- Film poster
- Directed by: John Paul Raj Sham Surya
- Written by: John Paul Raj Karundhel Rajesh Rajesh Kumar
- Produced by: Stalin and John Paul Raj
- Starring: Bobby Simha Madhoo Ramya Nambeesan
- Cinematography: Jana
- Edited by: Deepak
- Music by: Jakes Bejoy
- Production companies: Seatoa Studios Jai Film Productions
- Release date: 22 March 2019;
- Running time: 97 minutes
- Country: India
- Language: Tamil
- Budget: 4.2 Crores

= Agni Devi =

2019 Indian film by John Paul Raj and Sham Surya

Agni Devi is a 2019 Tamil-language thriller film directed by John Paul Raj and Sham Surya. The film stars Bobby Simha, Madhoo and Ramya Nambeesan. It was produced by JPR and Stalin under Jai Film Productions and Seatoa Studios. The music was composed by Jakes Bejoy with cinematography by Jana and editing by Deepak. The film underwent production trouble before releasing on 22 March 2019. The film received negative reviews from critics.

== Plot==

Agni Dev IPS (Bobby Simha), a devoted cop, has taken charge of investigating the brutal murder of a journalist that happened in broad daylight. As the case progresses, Agni is asked by his senior, Charles (Bose Venkat), to stop proceeding further with the investigation. He realises that Charles has been intimidated by Shakuntala Devi (Madhoo), a dreaded politician, under abusive circumstances, who was later revealed to be his mother he lost when he was four. How Agni tackles her and nabs the culprit forms the rest of the story.

== Marketing ==
In January 2019, the name was changed to Agni Devi.

== Controversy ==
Three days before the release of the film, the lead actor Bobby Simha filed a complaint at Nandambakkam police station against director John Paulraj. In his complaint, Simha said that he had only acted in the film for five days and had opted out of the film after the director had shot scenes which were not in sync with the script narrated to the actor. Simha also mentioned that most of the scenes in the film featuring him were shot with body double and VFX.

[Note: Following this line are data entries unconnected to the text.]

//! Where text goes to.
ghost use Rattle.std.specs.Prelude.{◌≡◌, ◌≤◌, ℕ, List, Option, IsErrOf, length};
ghost use Rattle.bp_edges.specs.declared.sink.SinkError.TheVariants.{Memory};
ghost use Rattle.bp_edges.specs.declared.sink.WriteError.TheVariants.{Memory as NoMemory};
ghost use Rattle.bp_edges.specs.Counts.{Rose};
ghost use Rattle.bp_edges.specs.Writing.{Writes};
ghost use Rattle.bp_edges.specs.WriteError.{write_error};

use std::alloc::{AllocError, AllocFailed, Global};
use thiserror::Error;

/// The most bytes that a sink is given at once.
pub const MOST_PIECE: usize = 65_536;

/// Why a sink did not take a piece. It may have taken a first part of it.
#[derive(Clone, Copy, Debug, PartialEq, Eq, Error)]
pub enum SinkError {
    /// The sink failed.
    #[error("the text could not be written")]
    Failed,
    /// There was no memory.
    #[error("out of memory")]
    Memory,
}

impl From<AllocError> for SinkError {
    ghost from_gives = { λ _ e. e ≡ Memory };

    fn from(_: AllocError) -> Self {
        SinkError::Memory
    }
}

/// Why a text was not written to its end. A first part of it was written.
#[derive(Clone, Copy, Debug, PartialEq, Eq, Error)]
pub enum WriteError {
    /// The sink failed.
    #[error("the text could not be written")]
    Failed,
    /// There was no memory.
    #[error("out of memory")]
    Memory,
}

impl From<SinkError> for WriteError {
    ghost from_gives = { λ e w. w ≡ write_error e };

    fn from(error: SinkError) -> Self {
        match error {
            SinkError::Failed => WriteError::Failed,
            SinkError::Memory => WriteError::Memory,
        }
    }
}

impl From<AllocError> for WriteError {
    ghost from_gives = { λ _ e. e ≡ NoMemory };

    fn from(_: AllocError) -> Self {
        WriteError::Memory
    }
}

impl<T: Drop> From<AllocFailed<T>> for WriteError {
    ghost from_gives = { λ _ e. e ≡ NoMemory };

    fn from(_: AllocFailed<T>) -> Self {
        WriteError::Memory
    }
}

/// A place that takes text, a piece after a piece.
pub trait Sink {
    /// What was written to it, where it tells.
    ghost written: { Self → Option (List ℕ) };

    /// How often it has failed, as a u64 that stays at its last value.
    ghost faults: { Self → ℕ };

    /// No later put fails.
    ghost steady: { Self → Type 0 };

    /// Takes the piece, of 65,536 bytes at most, behind what it has. After an error it has taken a first part of it, or
    /// nothing. To take nothing of a piece that is not empty is a fault.
    fn put(&mut self, alloc: Global, piece: &[u8]) -> Result<(), SinkError>
        requires { length piece.now ≤ MOST_PIECE }

        ensures writes { Writes (written self.old) (written self.new) piece.now result }

        // When it fails, and that it does not give up by itself.
        ensures failed { IsErrOf result SinkError.Failed → Rose (faults self.old) (faults self.new) }
        ensures unfailing { steady self.old → ¬ IsErrOf result SinkError.Failed }

        // What it leaves.
        ensures steady { steady self.old → steady self.new }
        ensures faults { faults self.old ≤ faults self.new };
}
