//! Real files, as a shelf.
ghost use Rattle.std.specs.Prelude.{◌≡◌, ◌+◌, ◌≤◌, length, None, IfOk};
ghost use Rattle.bp_edges.specs.Held.{no_fetch};

use crate::reading::{Reading, read_up_to};
use crate::tally::Tally;
use crate::{Shelf, ShelfError};
use std::alloc::{AllocError, Global};
use std::fs;
use std::rt::Files;

/// The files of a runtime, by path. It counts each error of the runtime, and tells nothing of what they hold.
#[derive(Drop)]
pub struct FileShelf<'a, R> {
    rt: &'a R,
    tally: Tally,
}

impl<'a, R: Files> FileShelf<'a, R> {
    /// The shelf of a runtime's files, with nothing fetched yet.
    pub fn new(rt: &'a R) -> FileShelf<'a, R>
        ensures faults { ⟦<FileShelf<'a, R> as Shelf>⟧.faults result ≡ 0 }
        ensures fetches { ⟦<FileShelf<'a, R> as Shelf>⟧.fetches result ≡ 0 }
        ensures last { ⟦<FileShelf<'a, R> as Shelf>⟧.last result ≡ no_fetch }
    {
        FileShelf {
            rt,
            tally: Tally::new(),
        }
    }
}

/// Opens and reads the file, up to one byte past the limit.
fn read_file<R: Files>(rt: &R, alloc: Global, path: &str, limit: u64) -> Result<Reading, AllocError>
    ensures { IfOk result (λ reading. length reading.bytes.items ≤ limit + 1) }
{
    match fs::open(rt, path) {
        Ok(mut file) => read_up_to(alloc, &mut file, limit),
        Err(_) => Ok(Reading::nothing(alloc)),
    }
}

impl<R: Files> Shelf for FileShelf<'_, R> {
    ghost held = { λ _. None };

    ghost faults = { λ s. s.tally.faults };

    ghost fetches = { λ s. s.tally.fetches };

    ghost last = { λ s. s.tally.last };

    ghost steady = { λ _. ⊥ };

    fn fetch(&mut self, alloc: Global, name: &str, limit: u64) -> Result<Vec<u8>, ShelfError> {
        let copy = String::from_str(alloc, name)?;
        let reading = read_file(self.rt, alloc, name, limit)?;
        self.tally.answer(copy, limit, reading)
    }
}
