//! A file in memory, as a shelf there holds it.
ghost use Rattle.std.specs.Prelude.{◌≡◌, string_bytes};

use std::marker::Model;

/// A name and the bytes that a shelf holds under it.
#[derive(Drop)]
pub struct HeldFile {
    name: String,
    bytes: Vec<u8>,
}

impl Model for HeldFile {
    ghost use Rattle.std.specs.Prelude.{string_bytes};
    ghost use Rattle.bp_edges.specs.Memory.{NamedBytes};

    ghost Value = { NamedBytes };

    ghost view = { λ file. record { name = string_bytes file.name; bytes = file.bytes.items } };
}

impl HeldFile {
    /// A file of this name that holds these bytes.
    pub fn new(name: String, bytes: Vec<u8>) -> HeldFile
        ensures name { result.name ≡ string_bytes name }
        ensures bytes { result.bytes ≡ bytes.items }
    {
        HeldFile { name, bytes }
    }

    /// Its name.
    pub(crate) fn name(&self) -> &str
        ensures { result.now ≡ self.now.name }
    {
        self.name.as_str()
    }

    /// Its bytes.
    pub(crate) fn bytes(&self) -> &[u8]
        ensures { result.now ≡ self.now.bytes }
    {
        &self.bytes
    }
}
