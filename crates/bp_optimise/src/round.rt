//! What a round of an optimiser did.
ghost use Rattle.std.specs.Prelude.{◌≡◌, Some};
ghost use Rattle.bp_desk.specs.Typed.{publish_answer};
ghost use Rattle.bp_optimise.specs.Rounds.{answer_of, is_superseded, found_none_left};

use bp_desk::PublishStop;

/// What a round did. Changes are counted after the last vector's position, vectors from 0.
#[derive(Clone, Copy, Debug, PartialEq, Eq)]
pub enum Round {
    /// So many changes stood there at its first turn, fewer than were asked for. Nothing was published.
    Unchanged { changes: u64 },
    /// A board with the least prices at the optimiser's position was published, as the vector of this number.
    Published { number: u64 },
    /// Somebody else's vector came first: from its position to the board's own so many changes stand, too few.
    Superseded { position: u64, changes: u64 },
    /// As many vectors as the limits allow are published.
    PublicationsFull,
}

impl Round {
    /// Whether somebody else's vector came first.
    pub(crate) fn is_superseded(self) -> bool
        ensures { result ≡ is_superseded self }
    {
        matches!(self, Round::Superseded { .. })
    }

    /// Whether as many vectors as the limits allow are published.
    pub(crate) fn found_none_left(self) -> bool
        ensures { result ≡ found_none_left self }
    {
        matches!(self, Round::PublicationsFull)
    }
}

/// The round whose board was answered so.
pub(crate) fn round_of(answer: Result<u64, PublishStop>) -> Round
    ensures { answer_of result ≡ Some (publish_answer answer) }
{
    match answer {
        Ok(number) => Round::Published { number },
        Err(PublishStop::Superseded { position, changes }) => {
            Round::Superseded { position, changes }
        }
        Err(PublishStop::PublicationsFull) => Round::PublicationsFull,
    }
}
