//! Laws over the definitions, as the contracts of functions that do nothing.
ghost use Rattle.bp_optimise.specs.Laws.{NewGoes, SupersededIsFollowed};

/// An optimiser at position 0 goes with every pass of a house whose opening instance its solver has, whatever the pass
/// has seen.
pub fn new_goes()
    ensures { NewGoes }
{}

/// A round is superseded only where a vector stands at a place from the length of the history at its first turn on.
pub fn superseded_is_followed()
    ensures { SupersededIsFollowed }
{}
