//! Which calls of an edge in memory fail.
ghost use Rattle.std.specs.Prelude.{◌≡◌, ◌≤◌, ◌↔◌, IsTrue};
ghost use Rattle.bp_edges.specs.Counts.{raised};
ghost use Rattle.bp_edges.specs.Schedule.{NextFails, one_more};

use std::marker::Model;

/// The calls that fail, counted from 1, and how many were made.
#[derive(Drop)]
pub struct Schedule {
    failing: Vec<u64>,
    calls: u64,
}

impl Model for Schedule {
    ghost use Rattle.bp_edges.specs.Schedule.{Schedule as State};

    ghost Value = { State };

    ghost view = { λ schedule. record { calls = schedule.calls; failing = schedule.failing.items } };
}

impl Schedule {
    /// No call made yet; those of the numbers in `failing`, counted from 1, will fail.
    pub fn new(failing: Vec<u64>) -> Schedule
        ensures calls { result.calls ≡ 0 }
        ensures failing { result.failing ≡ failing.items }
    {
        Schedule { failing, calls: 0 }
    }

    /// Counts a call, and says whether it fails. It takes the time of the list.
    pub fn next_fails(&mut self) -> bool
        ensures fails { IsTrue result ↔ NextFails self.old }
        ensures counted { self.new ≡ one_more self.old }
        ensures later { self.old.calls ≤ self.new.calls }
    {
        if self.calls == u64::MAX {
            return false;
        }
        self.calls += 1;
        self.failing.contains(&self.calls)
    }
}
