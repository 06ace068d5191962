//! Sessions and optimisers: who calls at a shared desk while it is open.
//!
//! An optimiser is a solver that follows the history of a desk from position to position, and publishes its bid prices
//! where enough has changed. A session makes its commands in order; a worker makes rounds beside the sessions until all
//! of them have left. Rooms are whole rooms, units those of the house.
//!
//! A session makes its commands, and publishes where it comes upon stale prices.
//!
//! ```
//! let mut steps: Steps<L> = Steps::new(blank);
//! session(
//!     rt, alloc, desk, pass, commands, optimiser, lead, unit, gate, &mut steps,
//! )
//! ```
#![tactic(auto)]

pub mod law;
mod optimiser;
mod round;
mod sessions;
mod threads;
mod tries;
mod worker;

pub use optimiser::Optimiser;
pub use round::Round;
pub use sessions::{SessionEnd, Stop, session};
pub use threads::optimiser_crosses_threads;
pub use worker::{WorkEnd, work};
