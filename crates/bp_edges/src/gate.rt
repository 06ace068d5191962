//! A gate that callers pass before each of their calls.
use std::sync::Wait;

/// Called by an actor before each of its calls or rounds. It has no meaning, and a test may hold callers with it.
pub trait Gate: Sync {
    /// The caller's number, and how often this caller has arrived, counted from 1. It may wait.
    fn arrive(&self, rt: &impl Wait, caller: u32, nth: u64);
}

/// A gate that lets everyone through at once.
#[derive(Clone, Copy, Debug)]
pub struct NoGate;

impl Gate for NoGate {
    fn arrive(&self, _rt: &impl Wait, _caller: u32, _nth: u64) {}
}
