//! Bytes that were read from a file.
ghost use Rattle.std.specs.Prelude.{
  ◌≡◌,
  ◌+◌,
  ◌<◌,
  ◌≤◌,
  [],
  true,
  false,
  take,
  length,
  Some,
  IfOk,
  IfSome,
  IfNone,
  OnSome,
};
ghost use Rattle.std.specs.Option.{ForSome};
ghost use Rattle.std.specs.Io.KnownBytes.{IsAtEnd};
ghost use Rattle.bp_edges.specs.Reading.{TakesOver};
ghost use Rattle.bp_edges.specs.declared.reading.TheConstants.{PIECE};

use std::alloc::{AllocError, Global};
use std::io::Read;

/// How many bytes one read takes at most.
const PIECE: usize = 1 << 16;

/// The bytes that came, from the first on, and whether reading went wrong after them.
#[derive(Drop)]
pub struct Reading {
    /// What was read.
    pub bytes: Vec<u8>,
    /// Whether reading went wrong behind them.
    pub failed: bool,
}

impl Reading {
    /// Reading went wrong before the first byte.
    pub fn nothing(alloc: Global) -> Reading
        ensures bytes { result.bytes.items ≡ [] }
        ensures failed { result.failed ≡ true }
    {
        Reading {
            bytes: Vec::new(alloc),
            failed: true,
        }
    }
}

/// How many bytes to ask for where there may be this many below the last one.
fn piece_len(below: u64) -> usize
    ensures some { 1 ≤ result }
    ensures within { result ≤ below + 1 }
    ensures piece { result ≤ PIECE }
{
    if below < PIECE as u64 {
        below as usize + 1
    } else {
        PIECE
    }
}

/// Reads once into the piece, and keeps what came behind the bytes. How many came; None is an error of the file.
fn read_once<F: Read>(
    file: &mut F,
    piece: &mut [u8],
    bytes: &mut Vec<u8>,
) -> Result<Option<usize>, AllocError>
    ensures count { IfOk result (λ came. IfSome came (λ n. (n ≤ length piece.old)
        × (length bytes.new.items ≡ length bytes.old.items + n))) }
    ensures consumed { IfOk result (λ came. OnSome came (TakesOver (F.remaining file.old) (F.remaining file.new)
        bytes.old.items bytes.new.items)) }
    ensures end { IfOk result (λ came. came ≡ Some 0 → 0 < length piece.old → IsAtEnd (F.remaining file.new)) }
    ensures failed { IfOk result (λ came. IfNone came (bytes.new.items ≡ bytes.old.items)) }
{
    match file.read(piece) {
        Ok(taken) => {
            bytes.extend_from_slice(piece.split_at(taken).0)?;
            Ok(Some(taken))
        }
        Err(_) => Ok(None),
    }
}

/// Reads to the end, or to one byte past the limit, in pieces of at most 65,536 bytes. The one error is want of memory;
/// where the file went wrong, the reading says so.
pub fn read_up_to<F: Read>(alloc: Global, file: &mut F, limit: u64) -> Result<Reading, AllocError>
    ensures short { IfOk result (λ reading. length reading.bytes.items ≤ limit + 1) }
    ensures read { IfOk result (λ reading. reading.failed ≡ false →
        ForSome (F.remaining file.old) (λ text. reading.bytes.items ≡ take (limit + 1) text)) }
{
    let mut piece = [0u8; PIECE];
    let mut bytes = Vec::new(alloc);
    while bytes.len() as u64 <= limit {
        let room = piece_len(limit - bytes.len() as u64);
        match read_once(file, &mut piece[..room], &mut bytes)? {
            None => {
                return Ok(Reading {
                    bytes,
                    failed: true,
                });
            }
            Some(0) => {
                return Ok(Reading {
                    bytes,
                    failed: false,
                });
            }
            Some(_) => {}
        }
    }
    Ok(Reading {
        bytes,
        failed: false,
    })
}
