//! A shelf in memory, for tests and for callers that have their texts already.
ghost use Rattle.std.specs.Prelude.{
  ◌≡◌,
  ◌⊎◌,
  ◌+◌,
  ◌≤◌,
  ℕ,
  true,
  false,
  [],
  take,
  length,
  Some,
  IfOk,
  IsErrOf,
  IsSome,
  IsNone,
  IsSomeAnd,
};
ghost use Rattle.std.specs.Option.{option_copied, ForSome};
ghost use Rattle.std.specs.FinMap as map;
ghost use Rattle.bp_edges.specs.Held.{no_fetch};
ghost use Rattle.bp_edges.specs.Counts.{Rose};
ghost use Rattle.bp_edges.specs.Fetching.{Answers, CountsFetch, Remembers};
ghost use Rattle.bp_edges.specs.Schedule.{NextFails, IsOver, one_more};
ghost use Rattle.bp_edges.specs.Memory.{files_of};

use crate::reading::Reading;
use crate::schedule::Schedule;
use crate::tally::Tally;
use crate::{HeldFile, Shelf, ShelfError};
use std::alloc::{AllocError, Global};
use std::marker::Model;

/// Holds these files, and fails at the calls that its list names, counted from 1, and at each name that it does not
/// hold. Where two files have one name, the first counts. A fetch looks at the files one by one, and copies at most
/// `limit + 1` bytes.
#[derive(Drop)]
pub struct MemoryShelf {
    files: Vec<HeldFile>,
    schedule: Schedule,
    tally: Tally,
}

impl Model for MemoryShelf {
    ghost use Rattle.bp_edges.specs.Memory.{ShelfState};

    ghost Value = { ShelfState };

    ghost view = { λ s. record { files = s.files.items; schedule = s.schedule; tally = s.tally } };
}

impl MemoryShelf {
    /// A shelf of these files whose calls of the numbers in `failing` fail, counted from 1.
    pub fn new(files: Vec<HeldFile>, failing: Vec<u64>) -> MemoryShelf
        ensures files { result.files ≡ files.items }
        ensures calls { result.schedule.calls ≡ 0 }
        ensures failing { result.schedule.failing ≡ failing.items }
        ensures tally { result.tally ≡ record { faults = 0; fetches = 0; last = no_fetch } }
        ensures held { ⟦<MemoryShelf as Shelf>⟧.held result ≡ Some (files_of files.items) }
        ensures steady { failing.items ≡ [] → ⟦<MemoryShelf as Shelf>⟧.steady result }
    {
        let schedule = Schedule::new(failing);
        MemoryShelf {
            files,
            schedule,
            tally: Tally::new(),
        }
    }
}

/// The first file with this name.
fn find<'a>(files: &'a [HeldFile], name: &str) -> Option<&'a [u8]>
    ensures { option_copied result ≡ map.get (files_of files.now) name.now }
{
    for file in files {
        if name == file.name() {
            return Some(file.bytes());
        }
    }
    None
}

/// A copy of the first bytes, up to one past the limit.
fn first_bytes(alloc: Global, text: &[u8], limit: u64) -> Result<Vec<u8>, AllocError>
    ensures { IfOk result (λ bytes. bytes.items ≡ take (limit + 1) text.now) }
{
    if text.len() as u64 <= limit {
        return Vec::from_slice(alloc, text);
    }
    Vec::from_slice(alloc, &text[..limit as usize + 1])
}

/// Reads a file of these, or nothing where the call fails.
fn read_held(
    alloc: Global,
    files: &[HeldFile],
    fails: bool,
    name: &str,
    limit: u64,
) -> Result<Reading, AllocError>
    ensures short { IfOk result (λ reading. length reading.bytes.items ≤ limit + 1) }
    ensures failing { fails ≡ true → IfOk result (λ reading. reading.failed ≡ true) }
    ensures nothing { IfOk result (λ reading. reading.failed ≡ true → length reading.bytes.items ≡ 0) }
    ensures absent { fails ≡ false →
        IfOk result (λ reading. reading.failed ≡ true → IsNone (map.get (files_of files.now) name.now)) }
    ensures read { IfOk result (λ reading. reading.failed ≡ false →
        IsSomeAnd (map.get (files_of files.now) name.now) (λ text. reading.bytes.items ≡ take (limit + 1) text)) }
{
    if fails {
        return Ok(Reading::nothing(alloc));
    }
    match find(files, name) {
        None => Ok(Reading::nothing(alloc)),
        Some(text) => Ok(Reading {
            bytes: first_bytes(alloc, text, limit)?,
            failed: false,
        }),
    }
}

impl Shelf for MemoryShelf {
    ghost held = { λ s. Some (files_of s.files) };

    ghost faults = { λ s. s.tally.faults };

    ghost fetches = { λ s. s.tally.fetches };

    ghost last = { λ s. s.tally.last };

    ghost steady = { λ s. IsOver s.schedule };

    fn fetch(&mut self, alloc: Global, name: &str, limit: u64) -> Result<Vec<u8>, ShelfError>
        ensures within { IfOk result (λ bytes. length bytes.items ≤ limit) }
        ensures answers { ForSome (Some (files_of self.old.files))
            (λ files. Answers (map.get files name.now) limit result) }

        // It fails at the calls that the list names and at names that it does not hold, and takes nothing then.
        ensures listed { NextFails self.old.schedule →
            IsErrOf result ShelfError.Failed ⊎ IsErrOf result ShelfError.Memory }
        ensures failed_for { IsErrOf result ShelfError.Failed →
            NextFails self.old.schedule ⊎ IsNone (map.get (files_of self.old.files) name.now) }
        ensures none_taken { IsErrOf result ShelfError.Failed → self.new.tally.last.taken ≡ 0 }
        ensures call { self.new.schedule ≡ one_more self.old.schedule }
        ensures files { self.new.files ≡ self.old.files }

        ensures failed { IsErrOf result ShelfError.Failed → Rose self.old.tally.faults self.new.tally.faults }
        ensures unfailing { IsOver self.old.schedule → ForSome (Some (files_of self.old.files))
            (λ files. IsSome (map.get files name.now) → ¬ IsErrOf result ShelfError.Failed) }
        ensures steady { IsOver self.old.schedule → IsOver self.new.schedule }
        ensures faults { self.old.tally.faults ≤ self.new.tally.faults }
        ensures fetches { self.old.tally.fetches ≤ self.new.tally.fetches }
        ensures counted { CountsFetch self.old.tally.fetches self.new.tally.fetches result }
        ensures last { Remembers self.old.tally.last self.new.tally.last name.now limit result }
    {
        let fails = self.schedule.next_fails();
        let copy = String::from_str(alloc, name)?;
        let reading = read_held(alloc, &self.files, fails, name, limit)?;
        self.tally.answer(copy, limit, reading)
    }
}
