//! The edges of the program: where bytes come from and go to.
//!
//! A sink in memory whose second and fourth put fail.
//!
//! ```
//! let mut sink = MemorySink::new([2, 4].to_vec(alloc)?);
//! for (piece, taken) in &PUTS {
//!     assert!(rt;
//!         sink.put(alloc, piece.as_bytes()).is_ok() == *taken,
//!         "{piece}"
//!     );
//! }
//! ```
#![tactic(auto)]

mod file_shelf;
mod gate;
mod held_file;
mod memory_shelf;
mod memory_sink;
mod out_sink;
mod reading;
mod schedule;
mod shelf;
mod sink;
mod tally;

pub use file_shelf::FileShelf;
pub use gate::{Gate, NoGate};
pub use held_file::HeldFile;
pub use memory_shelf::MemoryShelf;
pub use memory_sink::MemorySink;
pub use out_sink::OutSink;
pub use shelf::{Shelf, ShelfError};
pub use sink::{MOST_PIECE, Sink, SinkError, WriteError};

#[cfg(test)]
mod tests;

Despite the report, the film had a theatrical release across Tamil Nadu. Simha later added that he sensed the team was unprofessional by the fourth day of shoot as the director had veered away from the agreed decision to base the plot on a novel written by Rajeshkumar. Furthermore, Simha was unhappy with the sudden involvement of a co-director named Sham Surya, who was also given directorial credits for the project. Despite a request from the Nadigar Sangam to settle the issue amicably, Simha refused to co-operate and announced his intentions of seeking judicial action. Lamenting the inactivity of the professional association, Simha highlighted that the Nadigar Sangam had failed to assist him during previous disagreements about the films, Chennai Ungalai Anbudan Varaverkirathu (2015) and Meera Jaakirathai (2016).

==Reception==
Srivatsan S of The Hindu wrote, "There are bad films. There are horrible films. And there’s Agni Devi, that takes blandness to a whole new dimension." Ashameera Aiyappan of The New Indian Express gave 2/5 stars and wrote, "There are films that infuriate you, ones that irritate. But Agni Devi pushed me into a zone of indifference. I couldn’t bring myself to even hate or mock it with a vengeance. All I could do was just wonder how the movie got made in the first place." Kirubhakar Purushothaman of India Today gave 1.5/5 stars and wrote, "Agni Devi is a silly and superficial political thriller that has a most horrendous climax." Anjana Shekar of The News Minute wrote, "Agni Devi looks promising for about 10 minutes and then goes steadily haywire after that - is it no good because the actor walked out of the project or did he walk out because it was no good? We may never know."